Groan, I feel so old. So thanks, Sudeep, for reminding me that there are generations that precede mine. I don’t even remember that Katy Mirza. She must’ve been cat.


  1. Speaking of Sudeep's legendary temper, I will never forget his cutting down to size a former-Miss-Delhi-turned-glamorous-fashion-reporter-for-sabse-tez-chaynal! I forget what the event was, but Sudeep first tried to sweet-talk this person into covering it for Today. But she refused to be persuaded. It was then that Sudeep exploded with a: "Stop being such a prima donna. I want you to go there and get the story NOW!" With that he banged down the phone. The story, as far as I remember, appeared in Today the following day.

  2. Being a Mayo pass-out, Tin Fish held that element of nostalgia (and bias) for me. I had to love it, no matter what. But, that aside, it truly is an enjoyable read. And a quick one too.

    The banality of the language is most definitely the highlight. Probably the story required that.

  3. Big smile and bigger boobs (until she had a reduction job) - Khushwant used to feature her a lot in ILWI
    Definitely not a cat - she had only two nipples!

  4. LOL. As somebody who knew Sudeep for a while, he was a complete paper tiger -- all you had to do was roar louder than him and he'd back off. Anjali

  5. Hehehe... I emceed Sudeep's book launch in Chennai, and we had a perfectly pleasant breakfast. Then he got onto the phone with the Penguin representative here and bellowed down the phone at him for 10 solid minutes. After hanging up, he looks up like a lamb at the PR lady and me and says: "So what's up?" We both burst out laughing!

  6. good review. even better insights into the author's temper.

    tho looks like another FPS clone. Penguin (and many other publishers) have been desparately trying to get the antidote to Rupa's blockbuster.

    meanwhile heard CB-Rupa are coming out with another one. Is that true?


  7. Its always a pleasure reading your posts n this post was no different.After having read your posts relegiously for around 8 odd months donno why but felt like commenting today.Your film related blogs have helped broaden my horizons to a large extent.Keep posting.Cheers!

  8. Jai: Enjoyed the blog, and glad you liked Tin Fish. I enjoyed our conversation. Rumman: You're safe. Send coordinates and I'll buy you a drink when am next in Bangalore. BTW, good luck at Reuters. Anjali: Ouch. Jaideep/Boston: Tin Fish is not a FPS clone, my friend. Conceptualised earlier, and less clannish than FPS. Read Tin Fish and then we'll argue if you still disagree. Yes, Chetan is writing another book, on the BPO industry. He's now Rupa's established 'segment' cash-in, but he's welcome because at least he's getting many people to read. That's excellent. Bye now. Maybe we'll chat over my second book, set in Goa, and due Fall 2006. Stay well, all. Sudeep

  9. Hi,
    Had a question about this author. I knew his wife Sabitha (we used to work together); and was curious about her. Any way I could contact her?
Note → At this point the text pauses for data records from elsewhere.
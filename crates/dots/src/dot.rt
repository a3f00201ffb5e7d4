// One dot.
ghost use Rattle.std.specs.Prelude.{◌≡◌, ◌+◌, ◌*◌, ◌≤◌, length};
ghost use Rattle.dots.specs.Dots.{dot_at, set_dot};

use colour::RGBA;

pub fn get_dot(buf: &[u8], i: usize) -> RGBA
    requires { i * 4 + 4 ≤ length buf.now }
    ensures { result ≡ dot_at buf.now i }
{
    let at = i * 4;
    RGBA {
        r: buf[at],
        g: buf[at + 1],
        b: buf[at + 2],
        a: buf[at + 3],
    }
}

pub fn set_dot(buf: &mut [u8], i: usize, c: RGBA)
    requires { i * 4 + 4 ≤ length buf.old }
    ensures { buf.new ≡ set_dot buf.old i c }
{
    let at = i * 4;
    buf[at] = c.r;
    buf[at + 1] = c.g;
    buf[at + 2] = c.b;
    buf[at + 3] = c.a;
}

// The same dot by way of one word. The compiler makes vectors of a loop that reads dots, works out
// each of their bytes and stores them so; of single bytes it makes none.
fn by_word(c: RGBA) -> RGBA
    ensures { result ≡ c }
{
    let w = (c.r as u32) + (c.g as u32) * 256 + (c.b as u32) * 65536 + (c.a as u32) * 16777216;
    RGBA {
        r: (w % 256) as u8,
        g: (w / 256 % 256) as u8,
        b: (w / 65536 % 256) as u8,
        a: (w / 16777216) as u8,
    }
}

// What get_dot does, by one word.
pub fn load_dot(buf: &[u8], i: usize) -> RGBA
    requires { i * 4 + 4 ≤ length buf.now }
    ensures { result ≡ dot_at buf.now i }
{
    by_word(get_dot(buf, i))
}

// What set_dot does, by one word.
pub fn store_dot(buf: &mut [u8], i: usize, c: RGBA)
    requires { i * 4 + 4 ≤ length buf.old }
    ensures { buf.new ≡ set_dot buf.old i c }
{
    set_dot(buf, i, by_word(c));
}
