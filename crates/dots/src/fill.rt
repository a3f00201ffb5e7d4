// A run of dots of one colour.
ghost use Rattle.std.specs.Prelude.{◌≡◌, ◌+◌, ◌*◌, ◌≤◌, length};
ghost use Rattle.dots.specs.Dots.{change, within};

use super::brush::Brush;
use super::dot::set_dot;
use colour::RGBA;

// The colour comes as a parameter, so that the compiler keeps it as one word.
pub fn fill_run(buf: &mut [u8], at: usize, count: usize, c: RGBA)
    requires { (at + count) * 4 ≤ length buf.old }
    ensures { buf.new ≡ change (within at (at + count)) (λ _ _. c) buf.old }
{
    for i in at..at + count {
        set_dot(buf, i, c);
    }
}

// Covers what was there.
#[derive(Drop)]
pub struct Fill {
    pub color: RGBA,
}

impl Brush for Fill {
    ghost dot = { λ f _. f.color };

    fn draw_dots(&self, buf: &mut [u8], at: usize, count: usize) {
        fill_run(buf, at, count, self.color);
    }
}
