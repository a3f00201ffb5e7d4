// A colour drawn over a run of dots byte by byte, against arrays of 64 numbers that are made once,
// since bytes in a row become vectors of 16-bit numbers.
ghost use Rattle.std.specs.Prelude.{◌≡◌, ℕ, ◌+◌, ◌*◌, ◌/◌, ◌%◌, ◌≤◌, ◌<◌, length};
ghost use Rattle.colour.specs.Colour.{rgba};
ghost use Rattle.dots.specs.Dots.{chan, change, within, drawn};
ghost use Rattle.dots.specs.Tables.{lanes, factors, terms, Whole};

use super::brush::Brush;
use colour::RGBA;

fn lanes(x: u16, y: u16, z: u16, w: u16) -> [u16; 64]
    ensures { result ≡ lanes (rgba x y z w) }
{
    let mut p = [0u16; 64];
    for i in 0..16 {
        let j = i * 4;
        p[j] = x;
        p[j + 1] = y;
        p[j + 2] = z;
        p[j + 3] = w;
    }
    p
}

pub fn mix_factors(c: RGBA, multiply: bool) -> [u16; 64]
    ensures { result ≡ lanes (factors multiply c) }
{
    if multiply {
        return lanes(c.r as u16, c.g as u16, c.b as u16, 255);
    }
    if c.a == RGBA::OPAQUE {
        return lanes(0, 0, 0, 0);
    }
    let f = 255 - (c.a as u16);
    lanes(f, f, f, 255)
}

fn term(c: u8, a: u8) -> u16
    ensures { result ≡ c * a + 128 }
{
    (c as u16) * (a as u16) + 128
}

pub fn mix_terms(c: RGBA, multiply: bool) -> [u16; 64]
    ensures { result ≡ lanes (terms multiply c) }
{
    if multiply {
        return lanes(128, 128, 128, 128);
    }
    let r = term(c.r, c.a);
    let g = term(c.g, c.a);
    let b = term(c.b, c.a);
    if c.a == RGBA::OPAQUE {
        return lanes(r, g, b, term(c.a, c.a));
    }
    lanes(r, g, b, 128)
}

// The whole number nearest (s * m + k - 128) / 255, without a division.
pub fn mix_byte(s: u8, m: u16, k: u16) -> u8
    requires { 255 * m + k ≤ 65153 }
    ensures { result ≡ (s * m + k + (s * m + k) / 256) / 256 }
{
    let t = (s as u16) * m + k;
    ((t + t / 256) / 256) as u8
}

// A colour with its factors and terms, one of each for each byte of 16 dots. The arrays are lent: held
// in the struct, they would be copied number by number as it is made, which takes longer than a short
// run.
#[derive(Clone, Copy)]
pub struct Mix<'a> {
    pub color: RGBA,
    pub multiply: bool,
    factor: &'a [u16; 64],
    term: &'a [u16; 64],
    ghost whole: { Whole multiply color },
    ghost bytes: { (k : ℕ) → k < 4 → chan color k ≤ 255 },
    ghost made: { (factor.now ≡ lanes (factors multiply color)) × (term.now ≡ lanes (terms multiply color)) },
}

impl<'a> Mix<'a> {
    // Takes what mix_factors and mix_terms make of the colour.
    pub fn of(color: RGBA, multiply: bool, factor: &'a [u16; 64], term: &'a [u16; 64]) -> Mix<'a>
        requires whole { Whole multiply color }
        requires made { (factor.now ≡ lanes (factors multiply color)) × (term.now ≡ lanes (terms multiply color)) }
        ensures { (result.color ≡ color) × (result.multiply ≡ multiply) }
    {
        Mix {
            color,
            multiply,
            factor,
            term,
        }
    }

    // What byte j of the 16 dots becomes where it was s: a byte hangs on the byte before it alone.
    pub fn byte(&self, j: usize, s: u8) -> u8
        requires { j < 64 }
        ensures { result ≡ chan (drawn self.now.multiply self.now.color (rgba s s s s)) (j % 4) }
    {
        mix_byte(s, self.factor[j], self.term[j])
    }
}

// The dots that go at once.
const BLOCK: usize = 16;

// Where `count` is the constant 16 the compiler makes vectors of the loop.
fn mix_some(buf: &mut [u8], at: usize, count: usize, mix: &Mix)
    requires { (count ≤ 16) × ((at + count) * 4 ≤ length buf.old) }
    ensures { buf.new ≡ change (within at (at + count)) (λ _ s. drawn mix.now.multiply mix.now.color s) buf.old }
{
    let from = at * 4;
    for j in 0..count * 4 {
        buf[from + j] = mix.byte(j, buf[from + j]);
    }
}

impl Brush for Mix<'_> {
    ghost dot = { λ m s. drawn m.multiply m.color s };

    fn draw_dots(&self, buf: &mut [u8], at: usize, count: usize) {
        // A range of blocks makes the three dots of a stretched bit take a third longer.
        let end = at + count;
        let mut i = at;
        while end - i >= BLOCK {
            mix_some(buf, i, BLOCK, self);
            i += BLOCK;
        }
        mix_some(buf, i, end - i, self);
    }
}
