Prints the totals (status 0): `keys N`, a line for each key, `unassigned N`, `gaps N` (messages
whose sequence number isn't the next one), `skipped N` (records that lack a counter). A stream that
is refused: `refused NUMBER octet N` (status 2), 611 to 620, at the first octet of the message,
counted from 0. Counters must have 8 octets (618).

--explain says of a refused message which it is and what is there: its set, template, field or
record; of totals which messages leave a gap, which templates lack a field of the key or a counter
and how much they count, which records are of both directions of an observation point or of sampled
packets, and when the first and the last message were exported.
--progress prints on standard error, at most once a second, how many octets of the stream were read.";

/// The text after the help of `run`.
pub const RUN: &str = "\
Example:
  once run network.json traffic.json capture.pcap schedule.txt --links link

Files:
  NETWORK   JSON: \"devices\", \"links\", \"report\"; an example of both documents: `once help lint`
  TRAFFIC   JSON: \"classes\" with regions and paths; each packet of the capture has to be in one
  CAPTURE   octets: classic pcap of link type 1 (Ethernet) or 101 (IP)
  SCHEDULE  lines, or none (as /dev/null); what is left at its end is read, expired and carried to
            the collector

Lines of a schedule:
  next                             the next packet is read; it is of the first class that holds it,
                                   with path 1
  next CLASS PATH                  the next packet is read, of this class and with this path
  expire DEVICE CACHE              the record of the least key leaves a cache and is exported
  emit DEVICE PROCESS AGGREGATION  the record of the least key leaves an aggregation and is exported
  carry LINK OCTETS                the next 1 to 65535 octets that are on a link reach its
                                   collecting process
  use DEVICE EXPORTER DESTINATION  an exporting process that isn't parallel sends to this
                                   destination from now on, and before to its first; one that is
                                   parallel goes on sending to all

Numbers count from 1: CLASS in \"classes\", PATH in the class's \"paths\", DEVICE in \"devices\", LINK in
\"links\"; in the device CACHE in the list \"cache\", PROCESS in \"collectingProcess\", EXPORTER in
\"exportingProcess\"; AGGREGATION in the process's \"once-audit:aggregation\", DESTINATION in the
exporter's \"destination\".

Example of a schedule:
  next
  next 1 1
  expire 1 1
  carry 1 60

It goes with the first network in `once help lint` and the traffic through it, and each capture of
two or more packets of that traffic; 60 octets are the message with the first record and its
template.

Prints the totals (status 0): `keys N`, a line for each key, `unassigned N`,
`skipped other N malformed N` (frames that are no packets). With --links the IPFIX octets of link 1
go to the file PREFIX1, and so on; files of these names are written over, but where a file above is
given by that very name it ends with `device 902`. A text that is refused: `refused NUMBER PLACE`
(status 2), 701 to 704 of the capture, 801 to 804 of the schedule.

--explain says of a refused line what it is about: of 802 what isn't there, of 803 and 804 which
packet, and which of its fields are outside of which class.
--progress prints on standard error, at most once a second, how many octets of the capture were
read.";

/// The text after the help of `lint`.
pub const LINT: &str = "\
Example:
  once lint network.json traffic.json

Files:
  NETWORK  JSON: \"devices\" with their configurations (RFC 6728 in the JSON of RFC 7951), \"links\",
           \"report\"
  TRAFFIC  JSON: \"classes\" with regions and paths; may be left out

A network of one meter and one collector, to begin with:

  {\"devices\": [
     {\"name\": \"router\", \"config\": {\"ietf-ipfix-psamp:ipfix\": {
        \"observationPoint\": [
           {\"name\": \"uplink\", \"observationDomainId\": 1, \"ifName\": [\"eth0\"],
            \"direction\": \"ingress\", \"selectionProcess\": [\"all\"]}],
        \"selectionProcess\": [
           {\"name\": \"all\", \"selector\": [{\"name\": \"each\", \"selectAll\": [null]}], \"cache\": \"flows\"}],
        \"cache\": [
           {\"name\": \"flows\", \"exportingProcess\": [\"export\"],
            \"timeoutCache\": {\"cacheLayout\": {\"cacheField\": [
               {\"name\": \"source\", \"ieName\": \"sourceIPv4Address\", \"isFlowKey\": [null]},
               {\"name\": \"octets\", \"ieName\": \"octetDeltaCount\"},
               {\"name\": \"packets\", \"ieName\": \"packetDeltaCount\"}]}}}],
        \"exportingProcess\": [
           {\"name\": \"export\", \"exportMode\": \"parallel\",
            \"destination\": [{\"name\": \"billing\", \"tcpExporter\": {}}]}]}}},
     {\"name\": \"host\", \"config\": {\"ietf-ipfix-psamp:ipfix\": {
        \"collectingProcess\": [{\"name\": \"billing\"}]}}}],
   \"links\": [
     {\"device\": \"router\", \"exportingProcess\": \"export\", \"destination\": \"billing\",
      \"toDevice\": \"host\", \"toProcess\": \"billing\"}],
   \"report\": {\"device\": \"host\", \"collectingProcess\": \"billing\",
              \"key\": [{\"ieName\": \"sourceIPv4Address\"}]}}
  10. Anonymous: I'm sure you understand that you'd have to send me a private email (from a proper ID, with your name etc mentioned) if you want that sort of information; can't put it here on Comments. Also, his wife's name isn't Sabitha to the best of my knowledge (unless that's a nickname or something).

  11. Kind of liked Tin Fish, we read it in the book shop itself so saved 250 bucks. Sorry chakki, penguin wudnt have paid you anyway. and all our penguins have orange spines.

  12. Hi Sudeep....i stayed up till 2 last night to complete Tin Fish. Simply loved it. As a student i had several friends and cousins in boarding schools across India. So when i read about Paulites calling the locals barbarians it immediately rung a bell! I had a cousin in St. Paul who called all of us "buhbarians"! Anyway loved your book and looking forward to the next one.